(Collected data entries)
- - -

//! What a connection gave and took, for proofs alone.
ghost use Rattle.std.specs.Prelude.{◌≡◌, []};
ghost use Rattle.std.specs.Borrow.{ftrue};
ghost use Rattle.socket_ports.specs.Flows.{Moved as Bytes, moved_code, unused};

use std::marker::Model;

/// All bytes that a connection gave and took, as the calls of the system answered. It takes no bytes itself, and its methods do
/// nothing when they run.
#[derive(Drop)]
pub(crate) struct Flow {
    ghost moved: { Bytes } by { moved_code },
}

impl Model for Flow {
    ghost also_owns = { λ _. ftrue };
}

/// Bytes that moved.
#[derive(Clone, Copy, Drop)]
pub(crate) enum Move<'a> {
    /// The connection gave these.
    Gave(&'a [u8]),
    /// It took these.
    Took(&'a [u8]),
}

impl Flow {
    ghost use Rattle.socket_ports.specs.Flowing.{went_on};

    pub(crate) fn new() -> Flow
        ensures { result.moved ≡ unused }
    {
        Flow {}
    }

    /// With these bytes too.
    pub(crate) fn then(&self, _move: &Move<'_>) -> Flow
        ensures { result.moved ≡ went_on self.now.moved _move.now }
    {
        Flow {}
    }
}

- - -

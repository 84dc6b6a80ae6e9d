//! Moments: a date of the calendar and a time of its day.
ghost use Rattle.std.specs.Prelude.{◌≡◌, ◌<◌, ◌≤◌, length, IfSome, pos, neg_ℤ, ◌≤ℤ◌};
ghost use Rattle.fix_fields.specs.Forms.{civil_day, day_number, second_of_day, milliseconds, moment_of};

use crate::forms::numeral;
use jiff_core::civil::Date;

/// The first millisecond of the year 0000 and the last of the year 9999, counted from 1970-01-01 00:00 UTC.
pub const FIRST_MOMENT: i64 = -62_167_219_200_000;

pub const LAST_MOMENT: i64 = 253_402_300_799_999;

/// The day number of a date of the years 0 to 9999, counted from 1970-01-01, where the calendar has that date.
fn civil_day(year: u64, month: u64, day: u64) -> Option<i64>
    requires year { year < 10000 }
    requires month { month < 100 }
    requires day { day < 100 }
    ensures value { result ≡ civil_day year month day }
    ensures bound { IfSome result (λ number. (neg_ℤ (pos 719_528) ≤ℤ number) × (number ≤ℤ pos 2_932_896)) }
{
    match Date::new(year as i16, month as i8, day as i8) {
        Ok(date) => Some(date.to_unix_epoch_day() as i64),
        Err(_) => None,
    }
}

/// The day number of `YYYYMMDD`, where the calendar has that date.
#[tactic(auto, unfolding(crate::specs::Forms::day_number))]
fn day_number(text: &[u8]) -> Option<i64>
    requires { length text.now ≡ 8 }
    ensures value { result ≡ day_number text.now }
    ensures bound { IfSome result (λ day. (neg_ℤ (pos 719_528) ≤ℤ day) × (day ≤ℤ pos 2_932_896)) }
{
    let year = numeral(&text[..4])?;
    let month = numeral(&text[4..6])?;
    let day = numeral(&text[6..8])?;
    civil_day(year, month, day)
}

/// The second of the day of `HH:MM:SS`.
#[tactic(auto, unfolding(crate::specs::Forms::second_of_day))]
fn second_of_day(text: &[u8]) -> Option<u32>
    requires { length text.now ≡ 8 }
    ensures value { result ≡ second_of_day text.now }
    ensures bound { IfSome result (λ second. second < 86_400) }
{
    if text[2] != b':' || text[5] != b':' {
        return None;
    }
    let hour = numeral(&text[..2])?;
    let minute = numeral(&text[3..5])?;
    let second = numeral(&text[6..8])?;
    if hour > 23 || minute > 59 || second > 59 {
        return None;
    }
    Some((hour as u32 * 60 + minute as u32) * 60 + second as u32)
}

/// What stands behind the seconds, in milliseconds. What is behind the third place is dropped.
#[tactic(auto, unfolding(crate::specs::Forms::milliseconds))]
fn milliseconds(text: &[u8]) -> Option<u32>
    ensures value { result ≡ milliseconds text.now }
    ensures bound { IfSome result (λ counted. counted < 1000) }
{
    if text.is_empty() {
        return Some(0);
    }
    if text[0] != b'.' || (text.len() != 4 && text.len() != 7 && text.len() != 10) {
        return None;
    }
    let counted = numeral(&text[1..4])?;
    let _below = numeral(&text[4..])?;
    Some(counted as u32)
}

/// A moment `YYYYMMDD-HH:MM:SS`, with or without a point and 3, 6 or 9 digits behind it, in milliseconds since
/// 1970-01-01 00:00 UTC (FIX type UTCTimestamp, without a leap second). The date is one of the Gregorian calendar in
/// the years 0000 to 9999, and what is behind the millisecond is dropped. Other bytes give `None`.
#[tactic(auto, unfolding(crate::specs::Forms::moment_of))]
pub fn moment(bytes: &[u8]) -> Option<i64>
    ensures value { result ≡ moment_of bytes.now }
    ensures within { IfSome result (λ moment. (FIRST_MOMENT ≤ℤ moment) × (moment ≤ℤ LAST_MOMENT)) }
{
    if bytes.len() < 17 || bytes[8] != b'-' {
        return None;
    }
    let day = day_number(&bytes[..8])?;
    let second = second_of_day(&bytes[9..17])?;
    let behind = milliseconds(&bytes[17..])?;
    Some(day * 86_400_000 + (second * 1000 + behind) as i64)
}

- - -

→ Exercise details
Lines in the data that hold "value" are to be counted, and the number alone reported.

→ Task output
5